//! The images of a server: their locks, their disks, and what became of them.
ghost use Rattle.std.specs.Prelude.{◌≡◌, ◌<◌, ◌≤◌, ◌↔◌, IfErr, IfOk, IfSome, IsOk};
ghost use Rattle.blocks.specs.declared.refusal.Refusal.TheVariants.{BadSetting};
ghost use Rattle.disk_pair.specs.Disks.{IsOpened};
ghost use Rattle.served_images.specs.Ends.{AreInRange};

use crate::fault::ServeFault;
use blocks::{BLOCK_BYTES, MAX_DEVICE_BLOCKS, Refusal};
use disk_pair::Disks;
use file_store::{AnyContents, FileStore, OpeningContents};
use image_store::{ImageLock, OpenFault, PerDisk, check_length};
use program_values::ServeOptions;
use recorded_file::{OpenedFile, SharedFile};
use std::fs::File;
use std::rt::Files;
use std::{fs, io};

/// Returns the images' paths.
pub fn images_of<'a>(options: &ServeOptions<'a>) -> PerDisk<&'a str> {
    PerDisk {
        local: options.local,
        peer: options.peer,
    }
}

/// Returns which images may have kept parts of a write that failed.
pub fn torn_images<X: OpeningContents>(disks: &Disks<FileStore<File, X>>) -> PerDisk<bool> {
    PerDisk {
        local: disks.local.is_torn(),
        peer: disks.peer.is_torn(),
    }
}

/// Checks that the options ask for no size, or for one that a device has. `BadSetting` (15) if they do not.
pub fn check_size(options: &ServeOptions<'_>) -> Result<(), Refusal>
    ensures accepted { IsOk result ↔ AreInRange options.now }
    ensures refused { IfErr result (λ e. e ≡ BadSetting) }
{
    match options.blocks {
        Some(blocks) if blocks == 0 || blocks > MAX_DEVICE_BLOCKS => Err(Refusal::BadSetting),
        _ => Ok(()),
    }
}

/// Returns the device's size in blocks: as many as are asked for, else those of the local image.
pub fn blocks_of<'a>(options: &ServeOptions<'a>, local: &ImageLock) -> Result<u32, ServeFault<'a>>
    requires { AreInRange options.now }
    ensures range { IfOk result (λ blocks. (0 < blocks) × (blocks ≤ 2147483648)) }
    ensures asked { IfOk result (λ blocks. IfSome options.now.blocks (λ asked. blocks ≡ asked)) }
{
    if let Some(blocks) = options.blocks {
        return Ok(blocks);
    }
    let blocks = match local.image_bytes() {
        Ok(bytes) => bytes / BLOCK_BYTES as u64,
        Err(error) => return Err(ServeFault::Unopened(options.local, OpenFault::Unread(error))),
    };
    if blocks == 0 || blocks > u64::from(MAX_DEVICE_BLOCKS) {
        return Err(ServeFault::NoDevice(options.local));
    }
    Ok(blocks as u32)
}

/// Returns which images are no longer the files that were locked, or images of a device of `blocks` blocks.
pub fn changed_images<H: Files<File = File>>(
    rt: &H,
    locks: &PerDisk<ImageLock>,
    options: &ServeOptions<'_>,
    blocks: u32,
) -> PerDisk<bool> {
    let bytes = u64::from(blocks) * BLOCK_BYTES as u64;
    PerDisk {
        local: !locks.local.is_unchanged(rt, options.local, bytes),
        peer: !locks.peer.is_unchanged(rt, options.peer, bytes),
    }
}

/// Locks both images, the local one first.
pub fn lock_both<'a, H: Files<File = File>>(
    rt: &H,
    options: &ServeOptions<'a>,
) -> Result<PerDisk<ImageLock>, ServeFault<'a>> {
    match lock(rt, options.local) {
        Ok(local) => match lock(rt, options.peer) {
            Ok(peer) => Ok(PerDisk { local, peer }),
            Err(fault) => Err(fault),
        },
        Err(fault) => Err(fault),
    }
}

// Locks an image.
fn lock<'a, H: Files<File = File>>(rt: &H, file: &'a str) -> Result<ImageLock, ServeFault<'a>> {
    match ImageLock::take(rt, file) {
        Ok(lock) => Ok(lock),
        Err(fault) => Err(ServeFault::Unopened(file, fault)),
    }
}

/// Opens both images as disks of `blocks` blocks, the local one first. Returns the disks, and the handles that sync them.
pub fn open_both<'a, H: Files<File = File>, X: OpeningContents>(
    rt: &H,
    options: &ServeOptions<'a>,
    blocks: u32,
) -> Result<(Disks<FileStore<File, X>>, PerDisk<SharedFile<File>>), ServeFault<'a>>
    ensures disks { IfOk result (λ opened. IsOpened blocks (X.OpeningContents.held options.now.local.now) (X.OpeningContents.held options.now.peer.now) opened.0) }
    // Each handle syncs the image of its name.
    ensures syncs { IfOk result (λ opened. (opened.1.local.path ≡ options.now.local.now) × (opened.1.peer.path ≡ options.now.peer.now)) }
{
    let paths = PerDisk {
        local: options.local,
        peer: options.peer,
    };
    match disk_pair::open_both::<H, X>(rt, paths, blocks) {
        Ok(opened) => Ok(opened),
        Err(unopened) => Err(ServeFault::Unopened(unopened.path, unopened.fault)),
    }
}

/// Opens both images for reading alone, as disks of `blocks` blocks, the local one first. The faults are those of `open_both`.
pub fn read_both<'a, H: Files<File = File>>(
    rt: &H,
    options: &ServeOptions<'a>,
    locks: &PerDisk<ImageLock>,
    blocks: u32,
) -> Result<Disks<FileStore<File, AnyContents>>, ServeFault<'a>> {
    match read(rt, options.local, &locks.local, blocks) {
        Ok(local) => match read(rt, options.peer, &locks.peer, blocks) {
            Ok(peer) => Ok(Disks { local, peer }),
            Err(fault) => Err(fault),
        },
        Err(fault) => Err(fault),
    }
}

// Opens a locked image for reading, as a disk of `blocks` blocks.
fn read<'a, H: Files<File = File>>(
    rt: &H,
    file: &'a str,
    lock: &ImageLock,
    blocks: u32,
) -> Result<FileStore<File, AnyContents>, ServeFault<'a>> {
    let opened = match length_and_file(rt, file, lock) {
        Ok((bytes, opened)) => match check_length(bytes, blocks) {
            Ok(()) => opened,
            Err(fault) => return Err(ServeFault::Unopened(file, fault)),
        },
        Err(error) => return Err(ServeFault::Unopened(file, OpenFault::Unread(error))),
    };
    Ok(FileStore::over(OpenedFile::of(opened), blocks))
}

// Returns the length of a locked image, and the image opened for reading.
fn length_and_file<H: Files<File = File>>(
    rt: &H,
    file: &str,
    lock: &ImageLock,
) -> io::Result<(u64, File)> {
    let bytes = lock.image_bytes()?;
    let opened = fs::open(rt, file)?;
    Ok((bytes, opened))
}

==

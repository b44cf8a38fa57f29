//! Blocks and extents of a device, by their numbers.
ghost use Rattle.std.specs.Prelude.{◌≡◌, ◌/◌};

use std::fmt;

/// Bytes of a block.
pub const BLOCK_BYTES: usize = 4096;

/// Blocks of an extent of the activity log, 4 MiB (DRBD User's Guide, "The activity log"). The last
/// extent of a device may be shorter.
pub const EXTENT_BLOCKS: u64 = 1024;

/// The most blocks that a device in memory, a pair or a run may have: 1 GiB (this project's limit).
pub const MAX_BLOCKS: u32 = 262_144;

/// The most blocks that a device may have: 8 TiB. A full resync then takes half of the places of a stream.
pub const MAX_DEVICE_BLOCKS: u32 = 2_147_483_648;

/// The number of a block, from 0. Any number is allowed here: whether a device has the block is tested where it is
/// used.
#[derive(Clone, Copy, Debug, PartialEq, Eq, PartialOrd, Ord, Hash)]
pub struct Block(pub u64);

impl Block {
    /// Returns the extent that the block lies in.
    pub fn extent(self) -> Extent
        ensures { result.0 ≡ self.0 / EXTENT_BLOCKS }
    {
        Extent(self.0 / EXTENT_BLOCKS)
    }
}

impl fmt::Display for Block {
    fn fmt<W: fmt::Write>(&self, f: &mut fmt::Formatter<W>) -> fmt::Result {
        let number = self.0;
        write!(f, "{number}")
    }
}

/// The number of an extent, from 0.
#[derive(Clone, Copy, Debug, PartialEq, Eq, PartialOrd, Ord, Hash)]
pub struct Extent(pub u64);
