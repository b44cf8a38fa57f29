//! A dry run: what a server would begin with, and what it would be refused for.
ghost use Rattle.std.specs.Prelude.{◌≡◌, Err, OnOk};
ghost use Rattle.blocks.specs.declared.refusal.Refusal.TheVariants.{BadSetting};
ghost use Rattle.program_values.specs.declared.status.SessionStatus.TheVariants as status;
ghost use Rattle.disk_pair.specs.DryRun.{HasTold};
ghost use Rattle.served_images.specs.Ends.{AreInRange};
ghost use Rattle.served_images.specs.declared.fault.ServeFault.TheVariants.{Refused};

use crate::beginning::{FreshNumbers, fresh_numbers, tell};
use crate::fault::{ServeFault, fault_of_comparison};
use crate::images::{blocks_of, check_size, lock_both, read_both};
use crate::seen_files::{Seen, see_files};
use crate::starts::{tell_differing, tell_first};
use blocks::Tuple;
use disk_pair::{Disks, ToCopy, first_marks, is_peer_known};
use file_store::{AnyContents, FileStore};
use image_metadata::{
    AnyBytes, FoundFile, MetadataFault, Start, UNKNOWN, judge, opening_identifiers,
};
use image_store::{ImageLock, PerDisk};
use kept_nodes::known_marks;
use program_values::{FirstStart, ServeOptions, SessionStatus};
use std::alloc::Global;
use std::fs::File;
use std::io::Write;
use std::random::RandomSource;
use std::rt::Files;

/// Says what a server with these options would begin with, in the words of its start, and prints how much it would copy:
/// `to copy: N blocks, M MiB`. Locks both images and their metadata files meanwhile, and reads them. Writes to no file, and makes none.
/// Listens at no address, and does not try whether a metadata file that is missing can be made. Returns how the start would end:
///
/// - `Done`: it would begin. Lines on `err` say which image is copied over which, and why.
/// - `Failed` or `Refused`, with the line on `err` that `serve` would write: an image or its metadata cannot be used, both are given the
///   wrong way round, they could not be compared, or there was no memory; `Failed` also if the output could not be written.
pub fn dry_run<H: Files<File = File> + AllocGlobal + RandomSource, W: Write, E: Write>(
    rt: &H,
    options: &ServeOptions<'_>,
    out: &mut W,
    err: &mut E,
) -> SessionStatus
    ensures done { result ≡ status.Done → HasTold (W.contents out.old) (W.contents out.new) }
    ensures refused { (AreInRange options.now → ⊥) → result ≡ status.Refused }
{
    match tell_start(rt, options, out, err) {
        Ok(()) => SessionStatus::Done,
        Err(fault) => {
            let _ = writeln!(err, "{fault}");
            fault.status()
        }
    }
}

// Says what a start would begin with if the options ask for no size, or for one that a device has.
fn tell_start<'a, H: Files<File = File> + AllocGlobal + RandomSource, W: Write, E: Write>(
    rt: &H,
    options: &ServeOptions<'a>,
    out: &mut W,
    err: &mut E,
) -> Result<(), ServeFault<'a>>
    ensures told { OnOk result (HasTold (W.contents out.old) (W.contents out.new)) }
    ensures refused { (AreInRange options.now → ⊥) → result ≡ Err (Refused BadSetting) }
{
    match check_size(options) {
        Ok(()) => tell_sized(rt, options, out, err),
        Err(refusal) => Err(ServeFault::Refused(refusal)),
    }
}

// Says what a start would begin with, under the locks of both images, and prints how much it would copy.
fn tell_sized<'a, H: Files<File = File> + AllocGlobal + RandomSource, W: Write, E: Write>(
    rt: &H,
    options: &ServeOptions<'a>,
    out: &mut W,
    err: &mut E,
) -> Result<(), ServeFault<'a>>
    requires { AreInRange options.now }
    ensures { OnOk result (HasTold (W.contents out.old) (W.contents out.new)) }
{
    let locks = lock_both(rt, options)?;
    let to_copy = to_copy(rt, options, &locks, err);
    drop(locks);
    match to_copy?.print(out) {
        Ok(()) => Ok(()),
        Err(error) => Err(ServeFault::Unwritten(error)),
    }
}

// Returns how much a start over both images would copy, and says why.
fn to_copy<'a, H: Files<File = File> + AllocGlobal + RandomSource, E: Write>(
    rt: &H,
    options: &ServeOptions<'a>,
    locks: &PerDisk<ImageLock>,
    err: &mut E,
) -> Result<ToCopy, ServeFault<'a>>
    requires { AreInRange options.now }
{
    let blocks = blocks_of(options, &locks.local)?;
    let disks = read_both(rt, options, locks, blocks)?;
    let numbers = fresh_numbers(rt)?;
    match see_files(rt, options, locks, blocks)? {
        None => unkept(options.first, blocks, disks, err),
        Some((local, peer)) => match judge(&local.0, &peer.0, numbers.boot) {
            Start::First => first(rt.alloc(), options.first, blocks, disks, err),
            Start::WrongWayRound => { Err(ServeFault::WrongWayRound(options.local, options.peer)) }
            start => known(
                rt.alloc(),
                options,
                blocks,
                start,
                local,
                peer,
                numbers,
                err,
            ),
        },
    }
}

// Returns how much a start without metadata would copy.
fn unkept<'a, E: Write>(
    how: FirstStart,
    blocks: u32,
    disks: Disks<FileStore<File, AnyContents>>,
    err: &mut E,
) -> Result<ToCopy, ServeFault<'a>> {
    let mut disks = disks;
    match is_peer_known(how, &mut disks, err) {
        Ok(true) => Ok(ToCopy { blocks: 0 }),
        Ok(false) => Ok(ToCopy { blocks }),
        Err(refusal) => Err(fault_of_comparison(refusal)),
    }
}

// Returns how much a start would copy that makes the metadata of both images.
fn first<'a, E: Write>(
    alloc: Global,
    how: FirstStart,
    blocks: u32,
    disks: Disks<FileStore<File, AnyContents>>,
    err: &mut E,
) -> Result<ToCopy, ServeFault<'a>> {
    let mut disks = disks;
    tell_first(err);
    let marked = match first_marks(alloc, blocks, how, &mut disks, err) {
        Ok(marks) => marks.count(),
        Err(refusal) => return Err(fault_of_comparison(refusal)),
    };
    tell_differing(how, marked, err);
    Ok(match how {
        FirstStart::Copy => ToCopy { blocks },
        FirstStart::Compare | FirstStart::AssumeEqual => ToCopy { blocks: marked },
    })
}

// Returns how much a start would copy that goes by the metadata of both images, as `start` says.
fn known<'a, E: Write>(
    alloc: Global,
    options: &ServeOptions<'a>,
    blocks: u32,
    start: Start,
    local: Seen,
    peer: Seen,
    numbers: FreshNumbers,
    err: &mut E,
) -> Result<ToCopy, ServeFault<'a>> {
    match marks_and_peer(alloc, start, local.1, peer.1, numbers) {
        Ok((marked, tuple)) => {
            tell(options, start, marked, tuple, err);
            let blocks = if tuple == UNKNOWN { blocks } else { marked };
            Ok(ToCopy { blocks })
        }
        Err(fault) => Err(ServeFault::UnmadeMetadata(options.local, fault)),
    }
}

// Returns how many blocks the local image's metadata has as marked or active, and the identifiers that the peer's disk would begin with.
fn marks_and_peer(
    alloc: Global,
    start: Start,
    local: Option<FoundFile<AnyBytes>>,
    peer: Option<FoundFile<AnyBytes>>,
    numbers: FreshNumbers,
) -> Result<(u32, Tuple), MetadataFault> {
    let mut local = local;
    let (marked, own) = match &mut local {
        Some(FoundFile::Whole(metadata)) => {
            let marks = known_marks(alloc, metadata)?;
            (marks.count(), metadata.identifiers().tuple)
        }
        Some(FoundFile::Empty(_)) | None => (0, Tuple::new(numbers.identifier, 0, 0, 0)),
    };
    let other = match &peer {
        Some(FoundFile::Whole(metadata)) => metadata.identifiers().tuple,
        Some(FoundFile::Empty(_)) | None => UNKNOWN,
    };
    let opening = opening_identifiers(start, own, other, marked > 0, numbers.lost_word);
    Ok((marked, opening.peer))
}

= WHAT YOU ARE ASKED TO DO =
Scan the material above for lines that contain the string "much", and copy each such line.

= SOLUTION TO THIS PROBLEM =
/// Says what a server with these options would begin with, in the words of its start, and prints how much it would copy:
// Says what a start would begin with, under the locks of both images, and prints how much it would copy.
// Returns how much a start over both images would copy, and says why.
// Returns how much a start without metadata would copy.
// Returns how much a start would copy that makes the metadata of both images.
// Returns how much a start would copy that goes by the metadata of both images, as `start` says.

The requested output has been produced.